* WHAT TO DO *
Your output should be the entries below, exact in every detail.
------------------------------------
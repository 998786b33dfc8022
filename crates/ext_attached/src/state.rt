// Whether an image is attached.
ghost use Rattle.std.specs.Prelude.{◌≡◌};
ghost use Rattle.std.specs.List.{find, list_any};
ghost use Rattle.std.specs.Option.{option_copied};
ghost use Rattle.ext_attached.specs.Going.{is_of_name};
ghost use Rattle.ext_attached.specs.State.{state_of, state_with};

use ext_host::{Attachment, Host};

/// The state of an image of a portable service. After portablectl(1); the states of units that it also tells are left out.
#[derive(Clone, Copy, PartialEq, Eq)]
pub enum State {
    /// It is not attached.
    Detached,
    /// It is attached.
    Attached,
    /// It is attached until the host stops.
    AttachedRuntime,
}

/// The state of the image of this name: that of the attachment that has the name, `Detached` exactly where none has. It takes no
/// memory. After portablectl(1), command `is-attached`.
pub fn state_of(host: &Host, name: &[u8]) -> State
    ensures { result ≡ state_of host.now.attached name.now }
{
    state_with(attachment_of(host.attached.as_slice(), name))
}

/// Whether an attachment has this name.
pub fn is_attached(host: &Host, name: &[u8]) -> bool
    ensures { result ≡ list_any (is_of_name name.now) host.now.attached }
{
    let attached = host.attached.as_slice();
    attached
        .iter()
        .any(|attachment| is_of_name(attachment, name))
}

// The first attachment that has this name.
fn attachment_of<'a>(attached: &'a [Attachment], name: &[u8]) -> Option<&'a Attachment>
    ensures { option_copied result ≡ find (is_of_name name.now) attached.now }
{
    attached
        .iter()
        .find(|attachment| is_of_name(attachment, name))
}

// Whether the attachment has this name.
fn is_of_name(attachment: &Attachment, name: &[u8]) -> bool
    ensures { result ≡ is_of_name name.now attachment.now }
{
    attachment.name.bytes().cmp(name).is_eq()
}

/// The state of the image of an attachment, if there is one: `Detached` exactly where there is none.
pub fn state_with(attachment: Option<&Attachment>) -> State
    ensures { result ≡ state_with (option_copied attachment.entry) }
{
    match attachment {
        None => State::Detached,
        Some(attachment) => {
            if attachment.runtime {
                State::AttachedRuntime
            } else {
                State::Attached
            }
        }
    }
}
------------------------------------
* PROBLEM SOLUTION *
repository 998786b33dfc8022
filename crates/ext_attached/src/state.rt
// Whether an image is attached.
ghost use Rattle.std.specs.Prelude.{◌≡◌};
ghost use Rattle.std.specs.List.{find, list_any};
ghost use Rattle.std.specs.Option.{option_copied};
ghost use Rattle.ext_attached.specs.Going.{is_of_name};
ghost use Rattle.ext_attached.specs.State.{state_of, state_with};

use ext_host::{Attachment, Host};

/// The state of an image of a portable service. After portablectl(1); the states of units that it also tells are left out.
#[derive(Clone, Copy, PartialEq, Eq)]
pub enum State {
    /// It is not attached.
    Detached,
    /// It is attached.
    Attached,
    /// It is attached until the host stops.
    AttachedRuntime,
}

/// The state of the image of this name: that of the attachment that has the name, `Detached` exactly where none has. It takes no
/// memory. After portablectl(1), command `is-attached`.
pub fn state_of(host: &Host, name: &[u8]) -> State
    ensures { result ≡ state_of host.now.attached name.now }
{
    state_with(attachment_of(host.attached.as_slice(), name))
}

/// Whether an attachment has this name.
pub fn is_attached(host: &Host, name: &[u8]) -> bool
    ensures { result ≡ list_any (is_of_name name.now) host.now.attached }
{
    let attached = host.attached.as_slice();
    attached
        .iter()
        .any(|attachment| is_of_name(attachment, name))
}

// The first attachment that has this name.
fn attachment_of<'a>(attached: &'a [Attachment], name: &[u8]) -> Option<&'a Attachment>
    ensures { option_copied result ≡ find (is_of_name name.now) attached.now }
{
    attached
        .iter()
        .find(|attachment| is_of_name(attachment, name))
}

// Whether the attachment has this name.
fn is_of_name(attachment: &Attachment, name: &[u8]) -> bool
    ensures { result ≡ is_of_name name.now attachment.now }
{
    attachment.name.bytes().cmp(name).is_eq()
}

/// The state of the image of an attachment, if there is one: `Detached` exactly where there is none.
pub fn state_with(attachment: Option<&Attachment>) -> State
    ensures { result ≡ state_with (option_copied attachment.entry) }
{
    match attachment {
        None => State::Detached,
        Some(attachment) => {
            if attachment.runtime {
                State::AttachedRuntime
            } else {
                State::Attached
            }
        }
    }
}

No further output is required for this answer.